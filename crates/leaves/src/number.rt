// Columns of numbers and floats of one width: one load for one value.
ghost use Rattle.std.specs.Prelude.{◌≡◌, ◌+◌, refl};
ghost use Rattle.admission.specs.Seams.{ElementThere};
ghost use Rattle.layout.specs.Bytes.{wide};
ghost use Rattle.layout.specs.Nodes.{element};
ghost use Rattle.layout.specs.declared.data_type.DataType.TheVariants.{Number as NumberOf, Float as FloatOf};

use crate::reader::Reader;
use hash_state::{Float, FloatBits, Integer};
use layout::bytes::Native;
use layout::column::Column;
use std::marker::PhantomData;

// Unsigned numbers of one width, as 64-bit numbers: what is read by the type asks no row for the width. An impl for each
// width: the laws hold by computing, once the type is known.
pub trait Wide: Native {
    // The bytes of a number.
    fn width() -> usize
        ensures { result ≡ wide Self.Native.width };

    // The number itself.
    fn number(self) -> u64
        ensures { result ≡ Self.Native.value self };
}

impl Wide for u8 {
    fn width() -> usize {
        1
    }

    fn number(self) -> u64 {
        u64::from(self)
    }
}

impl Wide for u16 {
    fn width() -> usize {
        2
    }

    fn number(self) -> u64 {
        u64::from(self)
    }
}

impl Wide for u32 {
    fn width() -> usize {
        4
    }

    fn number(self) -> u64 {
        u64::from(self)
    }
}

impl Wide for u64 {
    fn width() -> usize {
        8
    }

    fn number(self) -> u64 {
        self
    }
}

// An element of the buffer at A: an offset, a key or a value.
pub fn element_of<T: Wide>(column: &Column<'_>, at: usize) -> u64
    requires { ElementThere T.Native.width column.now.bytes.now column.now.record.a at }
    ensures { result ≡ element T.Native.width column.now.bytes.now column.now.record.a at }
{
    let place = column.record.a as usize + T::width() * at;
    T::load(column.bytes, place).number()
}

// Numbers that stand in a column, as themselves or as the bits of a float: the number that is read is the one that is told.
pub(crate) trait Number: Wide + Integer {
    ghost same_width: { Self.Integer.width ≡ wide Self.Native.width };

    ghost same_number: { (x : Self) → Self.Integer.bits x ≡ Self.Native.value x };
}

impl Number for u8 {
    ghost same_width = { refl };

    ghost same_number = { λ _. refl };
}

impl Number for u16 {
    ghost same_width = { refl };

    ghost same_number = { λ _. refl };
}

impl Number for u32 {
    ghost same_width = { refl };

    ghost same_number = { λ _. refl };
}

impl Number for u64 {
    ghost same_width = { refl };

    ghost same_number = { λ _. refl };
}

// The number at a row.
fn load<T: Number>(column: &Column<'_>, row: u32) -> T
    requires { ElementThere T.Native.width column.now.bytes.now column.now.record.a (column.now.record.start + row) }
    ensures { T.Native.value result ≡ element T.Native.width column.now.bytes.now column.now.record.a (column.now.record.start + row) }
{
    let place = column.record.a as usize + T::width() * column.element(row);
    T::load(column.bytes, place)
}

#[derive(Drop)]
pub(crate) struct Numbers<T>(pub PhantomData<T>);

impl<'a, T: Number + Drop> Reader<'a> for Numbers<T> {
    type Item = T;

    ghost data_type = { λ _. NumberOf T.Native.width };

    fn value(&self, column: &Column<'a>, row: u32) -> T {
        load::<T>(column, row)
    }
}

#[derive(Drop)]
pub(crate) struct Floats<T>(pub PhantomData<T>);

impl<'a, T: Number + FloatBits + Drop> Reader<'a> for Floats<T> {
    type Item = Float<T>;

    ghost data_type = { λ _. FloatOf T.Native.width };

    fn value(&self, column: &Column<'a>, row: u32) -> Float<T> {
        Float(load::<T>(column, row))
    }
}
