// Columns of texts and of byte strings.
ghost use Rattle.std.specs.Prelude.{◌≡◌, ◌+◌};
ghost use Rattle.image.specs.Read.{span_bytes};
ghost use Rattle.image.specs.Seams.{SpanThere};
ghost use Rattle.layout.specs.declared.data_type.DataType.TheVariants.{Utf8, Binary as binary_type, FixedSizeBinary};

use crate::number::{Wide, element_of};
use crate::reader::Reader;
use hash_state::{Binary, Text};
use image::slot::fixed_at;
use layout::column::Column;
use std::marker::PhantomData;

// The bytes between a row's offset and the next, by offsets of one width.
fn span_of<'a, T: Wide>(column: &Column<'a>, row: u32) -> &'a [u8]
    requires { SpanThere T.Native.width column.now.bytes.now column.now.record (column.now.record.start + row) }
    ensures { result.now ≡ span_bytes T.Native.width column.now.bytes.now column.now.record (column.now.record.start + row) }
{
    let data = column.record.b as usize;
    let at = column.element(row);
    let place = data + element_of::<T>(column, at) as usize;
    let end = data + element_of::<T>(column, at + 1) as usize;
    &column.bytes[place..end]
}

// Texts, by offsets of one width.
#[derive(Drop)]
pub(crate) struct Texts<T>(pub PhantomData<T>);

impl<'a, T: Wide + Drop> Reader<'a> for Texts<T> {
    type Item = Text<'a>;

    ghost data_type = { λ _. Utf8 T.Native.width };

    #[tactic(auto, using(crate::proofs::Told::told_text))]
    fn value(&self, column: &Column<'a>, row: u32) -> Text<'a> {
        Text(span_of::<T>(column, row))
    }
}

// Byte strings, by offsets of one width.
#[derive(Drop)]
pub(crate) struct Binaries<T>(pub PhantomData<T>);

impl<'a, T: Wide + Drop> Reader<'a> for Binaries<T> {
    type Item = Binary<'a>;

    ghost data_type = { λ _. binary_type T.Native.width };

    #[tactic(auto, using(crate::proofs::Told::told_binary))]
    fn value(&self, column: &Column<'a>, row: u32) -> Binary<'a> {
        Binary(span_of::<T>(column, row))
    }
}

// Byte strings of one size.
#[derive(Drop)]
pub(crate) struct FixedBinaries(pub u32);

impl<'a> Reader<'a> for FixedBinaries {
    type Item = Binary<'a>;

    ghost data_type = { λ s. FixedSizeBinary s.0 };

    #[tactic(auto, using(crate::proofs::Told::told_binary))]
    fn value(&self, column: &Column<'a>, row: u32) -> Binary<'a> {
        Binary(fixed_at(column, self.0, row).bytes)
    }
}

TASK OBJECTIVE:
Line by line, output the records exactly as given.

RESPONSE TO THIS TASK:
filename crates/leaves/src/number.rt
// Columns of numbers and floats of one width: one load for one value.
ghost use Rattle.std.specs.Prelude.{◌≡◌, ◌+◌, refl};
ghost use Rattle.admission.specs.Seams.{ElementThere};
ghost use Rattle.layout.specs.Bytes.{wide};
ghost use Rattle.layout.specs.Nodes.{element};
ghost use Rattle.layout.specs.declared.data_type.DataType.TheVariants.{Number as NumberOf, Float as FloatOf};

use crate::reader::Reader;
use hash_state::{Float, FloatBits, Integer};
use layout::bytes::Native;
use layout::column::Column;
use std::marker::PhantomData;

// Unsigned numbers of one width, as 64-bit numbers: what is read by the type asks no row for the width. An impl for each
// width: the laws hold by computing, once the type is known.
pub trait Wide: Native {
    // The bytes of a number.
    fn width() -> usize
        ensures { result ≡ wide Self.Native.width };

    // The number itself.
    fn number(self) -> u64
        ensures { result ≡ Self.Native.value self };
}

impl Wide for u8 {
    fn width() -> usize {
        1
    }

    fn number(self) -> u64 {
        u64::from(self)
    }
}

impl Wide for u16 {
    fn width() -> usize {
        2
    }

    fn number(self) -> u64 {
        u64::from(self)
    }
}

impl Wide for u32 {
    fn width() -> usize {
        4
    }

    fn number(self) -> u64 {
        u64::from(self)
    }
}

impl Wide for u64 {
    fn width() -> usize {
        8
    }

    fn number(self) -> u64 {
        self
    }
}

// An element of the buffer at A: an offset, a key or a value.
pub fn element_of<T: Wide>(column: &Column<'_>, at: usize) -> u64
    requires { ElementThere T.Native.width column.now.bytes.now column.now.record.a at }
    ensures { result ≡ element T.Native.width column.now.bytes.now column.now.record.a at }
{
    let place = column.record.a as usize + T::width() * at;
    T::load(column.bytes, place).number()
}

// Numbers that stand in a column, as themselves or as the bits of a float: the number that is read is the one that is told.
pub(crate) trait Number: Wide + Integer {
    ghost same_width: { Self.Integer.width ≡ wide Self.Native.width };

    ghost same_number: { (x : Self) → Self.Integer.bits x ≡ Self.Native.value x };
}

impl Number for u8 {
    ghost same_width = { refl };

    ghost same_number = { λ _. refl };
}

impl Number for u16 {
    ghost same_width = { refl };

    ghost same_number = { λ _. refl };
}

impl Number for u32 {
    ghost same_width = { refl };

    ghost same_number = { λ _. refl };
}

impl Number for u64 {
    ghost same_width = { refl };

    ghost same_number = { λ _. refl };
}

// The number at a row.
fn load<T: Number>(column: &Column<'_>, row: u32) -> T
    requires { ElementThere T.Native.width column.now.bytes.now column.now.record.a (column.now.record.start + row) }
    ensures { T.Native.value result ≡ element T.Native.width column.now.bytes.now column.now.record.a (column.now.record.start + row) }
{
    let place = column.record.a as usize + T::width() * column.element(row);
    T::load(column.bytes, place)
}

#[derive(Drop)]
pub(crate) struct Numbers<T>(pub PhantomData<T>);

impl<'a, T: Number + Drop> Reader<'a> for Numbers<T> {
    type Item = T;

    ghost data_type = { λ _. NumberOf T.Native.width };

    fn value(&self, column: &Column<'a>, row: u32) -> T {
        load::<T>(column, row)
    }
}

#[derive(Drop)]
pub(crate) struct Floats<T>(pub PhantomData<T>);

impl<'a, T: Number + FloatBits + Drop> Reader<'a> for Floats<T> {
    type Item = Float<T>;

    ghost data_type = { λ _. FloatOf T.Native.width };

    fn value(&self, column: &Column<'a>, row: u32) -> Float<T> {
        Float(load::<T>(column, row))
    }
}
// Columns of texts and of byte strings.
ghost use Rattle.std.specs.Prelude.{◌≡◌, ◌+◌};
ghost use Rattle.image.specs.Read.{span_bytes};
ghost use Rattle.image.specs.Seams.{SpanThere};
ghost use Rattle.layout.specs.declared.data_type.DataType.TheVariants.{Utf8, Binary as binary_type, FixedSizeBinary};

use crate::number::{Wide, element_of};
use crate::reader::Reader;
use hash_state::{Binary, Text};
use image::slot::fixed_at;
use layout::column::Column;
use std::marker::PhantomData;

// The bytes between a row's offset and the next, by offsets of one width.
fn span_of<'a, T: Wide>(column: &Column<'a>, row: u32) -> &'a [u8]
    requires { SpanThere T.Native.width column.now.bytes.now column.now.record (column.now.record.start + row) }
    ensures { result.now ≡ span_bytes T.Native.width column.now.bytes.now column.now.record (column.now.record.start + row) }
{
    let data = column.record.b as usize;
    let at = column.element(row);
    let place = data + element_of::<T>(column, at) as usize;
    let end = data + element_of::<T>(column, at + 1) as usize;
    &column.bytes[place..end]
}

// Texts, by offsets of one width.
#[derive(Drop)]
pub(crate) struct Texts<T>(pub PhantomData<T>);

impl<'a, T: Wide + Drop> Reader<'a> for Texts<T> {
    type Item = Text<'a>;

    ghost data_type = { λ _. Utf8 T.Native.width };

    #[tactic(auto, using(crate::proofs::Told::told_text))]
    fn value(&self, column: &Column<'a>, row: u32) -> Text<'a> {
        Text(span_of::<T>(column, row))
    }
}

// Byte strings, by offsets of one width.
#[derive(Drop)]
pub(crate) struct Binaries<T>(pub PhantomData<T>);

impl<'a, T: Wide + Drop> Reader<'a> for Binaries<T> {
    type Item = Binary<'a>;

    ghost data_type = { λ _. binary_type T.Native.width };

    #[tactic(auto, using(crate::proofs::Told::told_binary))]
    fn value(&self, column: &Column<'a>, row: u32) -> Binary<'a> {
        Binary(span_of::<T>(column, row))
    }
}

// Byte strings of one size.
#[derive(Drop)]
pub(crate) struct FixedBinaries(pub u32);

impl<'a> Reader<'a> for FixedBinaries {
    type Item = Binary<'a>;

    ghost data_type = { λ s. FixedSizeBinary s.0 };

    #[tactic(auto, using(crate::proofs::Told::told_binary))]
    fn value(&self, column: &Column<'a>, row: u32) -> Binary<'a> {
        Binary(fixed_at(column, self.0, row).bytes)
    }
}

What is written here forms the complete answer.